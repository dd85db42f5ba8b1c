//! What transactions weigh, what they lack, and whether they balance.
//!
//! ```text
//! // 2014-01-02 * "Shares"
//! //   Assets:Shares  3 X @ 0.335 USD
//! //   Assets:Fees    0.00 USD
//! //   Assets:Cash
//! let price = Amount { number: Num::parse("0.335")?, currency: usd };
//! let shares = Whole { units: three_x, decimals: 0, worth: Worth::PerUnit(price) };
//! let fees = Whole { units: no_usd, decimals: 2, worth: Worth::Units };
//! let legs = [Leg::Whole(shares), Leg::Whole(fees), Leg::MissingAmount];
//!
//! let mut scales = Scales::new(alloc);
//! let fills = scales.complete(alloc, &legs)?;     // leg 2 takes -1.00 USD: -1.005, to the even
//! ```
//!
//! A [`Leg`] is a posting as this crate sees it: its units and what they are worth, or what it
//! lacks. A weight is exact, in counts of `10^-16`: units times cost; else, with a price for each
//! unit, units times price; else, with a total price, the total with the sign of the units; else
//! the units. A transaction balances where the weights in each currency sum to no more than its
//! tolerance: half a unit of the last decimal, by the least positive count of decimals that is
//! written for units in it, and 0 where none has decimals.
//!
//! A leg that lacks its number takes minus what its currency sums to, rounded to those decimals, of
//! two as near to the even one, and exact where there are none; one that lacks its amount takes the
//! same of each currency that doesn't sum to 0, in order of first appearance. The calls change
//! nothing that they are lent.
//!
//! # Faults
//!
//! Two legs lack an amount, two a number of one currency, or one the one and one the other: `F11`.
//! A weight of `10^28` counts or more, a sum of `10^38` or more, signs left off, or an amount that
//! is no number of a ledger: `F17`.
//!
//! # Cost
//!
//! Linear in the legs. [`Scales`] are used again for the next transaction, so that memory is taken
//! only where legs lack something, or where more currencies come than before.
#![tactic(auto)]

mod cause;
mod due;
mod fill;
mod lacks;
mod leg;
mod precision;
mod scales;
mod sums;
mod weight;

pub use cause::{CompletionCause, WeighCause, completion_refusal};
pub use fill::Fill;
pub use leg::{Leg, Whole, Worth};
pub use scales::Scales;
pub use weight::{TooWide, Weight};
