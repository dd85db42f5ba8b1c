//! The decimals to which a transaction is exact, by currency.
ghost use Rattle.std.specs.Prelude.{◌≡◌, ◌≤◌, [], List, ℕ, OnOk, Some, IfSome, IsTrue, position, if◌then◌else◌};
ghost use Rattle.std.specs.Map.{keys_of, lookup};
ghost use Rattle.bean_interp.specs.Tolerance as spec;
ghost use Rattle.std.specs.Str.{bytes_eq};
ghost use Rattle.bean_interp.specs.Tolerance.{precision, with_written};

use crate::leg::Leg;
use bean_base::Currency;
use indexmap::IndexMap;
use std::alloc::{AllocError, Global};
use std::marker::Model;

/// The least positive counts of decimals that are written for units, by currency.
///
/// Its value is the list of currencies that have one, with it; no count is above 8.
pub struct Precisions<'a> {
    by_currency: IndexMap<Currency<'a>, u8>,
}

/// Written out, so that what gives one up needs to know nothing of what is in it.
impl Drop for Precisions<'_> {
    fn drop(self) {
        let Precisions { by_currency: _ } = self;
    }
}

impl<'a> Model for Precisions<'a> {
    ghost use Rattle.std.specs.Prelude.{List, ℕ};
    ghost use Rattle.bean_interp.specs.Tolerance.{AreFew};

    ghost Value = { List (List ℕ × ℕ) };

    ghost view = { λ p. p.by_currency.entries };

    ghost invariant = { λ p. AreFew p.by_currency.entries };
}

/// Half a unit of the last decimal, in counts of `10^-16`; 0 without decimals.
pub(crate) fn half_unit(precision: Option<u8>) -> u128
    requires { IfSome precision (λ d. d ≤ 8) }
    ensures { result ≡ spec.half_unit precision }
{
    match precision {
        Some(decimals) => 5 * 10u128.pow(15 - decimals as u32),
        None => 0,
    }
}

/// The lesser of the decimals that are written and those that were.
fn lesser(decimals: u8, least: Option<u8>) -> u8
    requires written { decimals ≤ 8 }
    requires few { IfSome least (λ d. d ≤ 8) }
    ensures is { result ≡ spec.lesser decimals least }
    ensures few { result ≤ 8 }
{
    match least {
        Some(least) => least.min(decimals),
        None => decimals,
    }
}

/// Whether the decimals that are written are no fewer than those that were.
fn are_no_less(decimals: u8, least: Option<u8>) -> bool
    ensures { IsTrue result → Some (spec.lesser decimals least) ≡ least }
{
    match least {
        Some(least) => least <= decimals,
        None => false,
    }
}

impl<'a> Precisions<'a> {
    /// No decimals. Takes no memory.
    pub fn new(alloc: Global) -> Precisions<'a>
        ensures { result ≡ [] }
    {
        Precisions {
            by_currency: IndexMap::new(alloc),
        }
    }

    /// Whether a currency is the first of all.
    fn is_first(&self, currency: &Currency<'_>) -> bool
        ensures { IsTrue result → position (bytes_eq currency.now) (keys_of self.now) ≡ Some 0 }
    {
        let _currencies = self.by_currency.len();
        match self.by_currency.get_index(0) {
            Some((first, _)) => *currency == *first,
            None => false,
        }
    }

    /// The decimals of a currency, where some are written. Most transactions are of one currency, so
    /// the first is compared and not hashed.
    pub fn of(&self, currency: &Currency<'_>) -> Option<u8>
        ensures is { result ≡ lookup (bytes_eq currency.now) self.now }
        ensures few { IfSome result (λ d. d ≤ 8) }
    {
        if self.is_first(currency) {
            return Some(self.by_currency[0]);
        }
        self.by_currency.get(currency).copied()
    }

    /// Notes the decimals of a number that is written for a currency.
    fn note(&mut self, currency: &Currency<'a>, decimals: u8) -> Result<(), AllocError>
        requires { decimals ≤ 8 }
        ensures { OnOk result ((c : List ℕ) → lookup (bytes_eq c) self.new
            ≡ (if bytes_eq currency.now c
            then Some (spec.lesser decimals (lookup (bytes_eq currency.now) self.old))
            else lookup (bytes_eq c) self.old)) }
    {
        let least = self.of(currency);
        if are_no_less(decimals, least) {
            return Ok(());
        }
        self.by_currency
            .insert(currency.lend(), lesser(decimals, least))?;
        Ok(())
    }

    /// Forgets all decimals.
    pub fn clear(&mut self)
        ensures { self.new ≡ [] }
    {
        if !self.by_currency.is_empty() {
            self.by_currency.clear();
        }
    }

    /// Notes the decimals that are written in a leg.
    pub fn note_leg(&mut self, leg: &Leg<'a>) -> Result<(), AllocError>
        ensures { OnOk result ((c : List ℕ) → lookup (bytes_eq c) self.new
            ≡ with_written leg.now c (lookup (bytes_eq c) self.old)) }
    {
        match leg {
            Leg::Whole(whole) if whole.decimals > 0 => {
                self.note(&whole.units.currency, whole.decimals)
            }
            _ => Ok(()),
        }
    }

    /// Takes the decimals that are written in legs, in place of those that it had.
    pub fn read(&mut self, legs: &[Leg<'a>]) -> Result<(), AllocError>
        ensures { OnOk result ((c : List ℕ) → lookup (bytes_eq c) self.new ≡ precision legs.now c) }
    {
        self.clear();
        for leg in legs {
            self.note_leg(leg)?;
        }
        Ok(())
    }
}
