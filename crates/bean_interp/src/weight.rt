//! What legs weigh.
ghost use Rattle.std.specs.Prelude.{◌≡◌, ◌*ℤ◌, ◌<◌, ◌≤◌, ◌^◌, ℤ, MatchOption};
ghost use Rattle.std.specs.Int.RustNames.{unsigned_abs};
ghost use Rattle.bean_base.specs.Decimal.{scaled};

use crate::leg::{Whole, Worth};
use bean_base::{Amount, Currency, Num};
use thiserror::Error;

/// `10^28` counts or more, signs left off.
#[derive(Clone, Copy, Debug, Drop, PartialEq, Eq, Error)]
#[error("F17 too wide")]
pub struct TooWide;

/// A count of `10^-16` of a currency, below `10^28` without its sign.
#[derive(Drop, PartialEq, Eq)]
pub struct Weight<'a> {
    pub count: i128,
    pub currency: Currency<'a>,
    ghost bound: { unsigned_abs count < 10 ^ 28 },
}

/// The most that a weight may count, and one.
const MOST: u128 = 10_000_000_000_000_000_000_000_000_000;

/// The count of a number in `10^-16`.
fn at_16(number: Num) -> i128
    ensures value { result ≡ scaled number.count number.places 16 }
    ensures bound { unsigned_abs result < 10 ^ 28 }
{
    number.scaled(8) * 100_000_000
}

/// The product, where it is below `10^28` without its sign.
fn product(a: i128, b: i128) -> Option<i128>
    ensures { MatchOption result (10 ^ 28 ≤ unsigned_abs (a *ℤ b))
        (λ n. (n ≡ a *ℤ b) × (unsigned_abs n < 10 ^ 28)) }
{
    match a.checked_mul(b) {
        Some(product) if product.unsigned_abs() < MOST => Some(product),
        _ => None,
    }
}

impl<'a> Weight<'a> {
    ghost use Rattle.bean_base.specs.Counts.{at_16};

    /// What units weigh that are worth themselves.
    pub(crate) fn of_units(units: &Amount<'a>) -> Weight<'a>
        ensures count { result.count ≡ at_16 units.now.number }
        ensures currency { result.currency ≡ units.now.currency }
    {
        Weight {
            count: at_16(units.number),
            currency: units.currency.lend(),
        }
    }
}

impl<'a> Whole<'a> {
    ghost use Rattle.bean_interp.specs.Weight.{Weighs, with_sign_of};

    /// A count with the sign of the units, 0 for 0.
    fn with_sign(&self, count: i128) -> i128
        requires { unsigned_abs count < 10 ^ 28 }
        ensures value { result ≡ with_sign_of self.now.units.number.count count }
        ensures bound { unsigned_abs result < 10 ^ 28 }
    {
        match self.units.number.count.signum() {
            0 => 0,
            1 => count,
            _ => -count,
        }
    }

    /// What it weighs: units times cost; else, with a price for each unit, units times price; else,
    /// with a total price, the total with the sign of the units; else the units.
    pub fn weight(&self) -> Result<Weight<'a>, TooWide>
        ensures { Weighs self.now result }
    {
        let number = self.units.number;
        let (count, currency) = match &self.worth {
            Worth::Units => (Some(at_16(number)), &self.units.currency),
            Worth::Cost(cost) => (product(number.scaled(8), cost.count), &cost.currency),
            Worth::PerUnit(price) => (
                product(number.scaled(8), price.number.scaled(8)),
                &price.currency,
            ),
            Worth::Total(total) => (Some(self.with_sign(at_16(total.number))), &total.currency),
        };
        match count {
            Some(count) => Ok(Weight {
                count,
                currency: currency.lend(),
            }),
            None => Err(TooWide),
        }
    }
}
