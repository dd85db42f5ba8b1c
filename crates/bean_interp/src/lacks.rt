//! What legs lack, and whether it is more than can be filled in.
ghost use Rattle.std.specs.Prelude.{◌≡◌, ◌++◌, [], ◌∷◌, List, IfOk, OnOk};
ghost use Rattle.std.specs.List.{list_any};
ghost use Rattle.bean_interp.specs.Lacking as spec;
ghost use Rattle.bean_interp.specs.Lacking.{AreLacked, clash};
ghost use Rattle.bean_interp.specs.declared.leg.Leg.{Leg};

use crate::leg::Leg;
use bean_base::Currency;
use indexmap::IndexSet;
use std::alloc::{AllocError, Global};

/// What some legs lack.
pub(crate) struct Lacks<'a> {
    pub has_amount: bool,
    pub has_number: bool,
    /// The currencies in which a number lacks.
    pub currencies: IndexSet<Currency<'a>>,
}

/// Written out, so that what gives one up needs to know nothing of what is in it.
impl Drop for Lacks<'_> {
    fn drop(self) {
        let Lacks {
            has_amount: _,
            has_number: _,
            currencies: _,
        } = self;
    }
}

impl<'a> Lacks<'a> {
    fn new(alloc: Global) -> Lacks<'a>
        ensures { AreLacked result [] }
    {
        Lacks {
            has_amount: false,
            has_number: false,
            currencies: IndexSet::new(alloc),
        }
    }

    /// Whether a leg lacks what may not lack beside these.
    fn clashes(&self, leg: &Leg<'_>) -> bool
        ensures { (legs : List Leg) → AreLacked self.now legs → result
            ≡ list_any (clash leg.now) legs }
    {
        match leg {
            Leg::Whole(_) => false,
            Leg::MissingNumber(currency) => self.has_amount | self.currencies.contains(currency),
            Leg::MissingAmount => self.has_amount | self.has_number,
        }
    }

    /// Adds what a leg lacks.
    fn add(&mut self, leg: &Leg<'a>) -> Result<(), AllocError>
        ensures { (legs : List Leg) → AreLacked self.old legs
            → OnOk result (AreLacked self.new (legs ++ leg.now ∷ [])) }
    {
        match leg {
            Leg::Whole(_) => Ok(()),
            Leg::MissingNumber(currency) => {
                self.has_number = true;
                self.currencies.insert(currency.lend())?;
                Ok(())
            }
            Leg::MissingAmount => {
                self.has_amount = true;
                Ok(())
            }
        }
    }
}

/// Whether two legs lack an amount, two a number of one currency, or one the one and one the other.
pub(crate) fn lack_too_much(alloc: Global, legs: &[Leg<'_>]) -> Result<bool, AllocError>
    ensures { IfOk result (λ too_much. too_much ≡ spec.lack_too_much legs.now) }
{
    let mut lacks = Lacks::new(alloc);
    for leg in legs {
        if lacks.clashes(leg) {
            return Ok(true);
        }
        lacks.add(leg)?;
    }
    Ok(false)
}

.....

WHAT IS EXPECTED ->
Output, from the data above, the lines from the line with "pub struct TooWide;" to the line with "fn at_16(number: Num) -> i128" exactly as they stand, both ends included and nothing else.

OUTPUT BELOW ->
pub struct TooWide;

/// A count of `10^-16` of a currency, below `10^28` without its sign.
#[derive(Drop, PartialEq, Eq)]
pub struct Weight<'a> {
    pub count: i128,
    pub currency: Currency<'a>,
    ghost bound: { unsigned_abs count < 10 ^ 28 },
}

/// The most that a weight may count, and one.
const MOST: u128 = 10_000_000_000_000_000_000_000_000_000;

/// The count of a number in `10^-16`.
fn at_16(number: Num) -> i128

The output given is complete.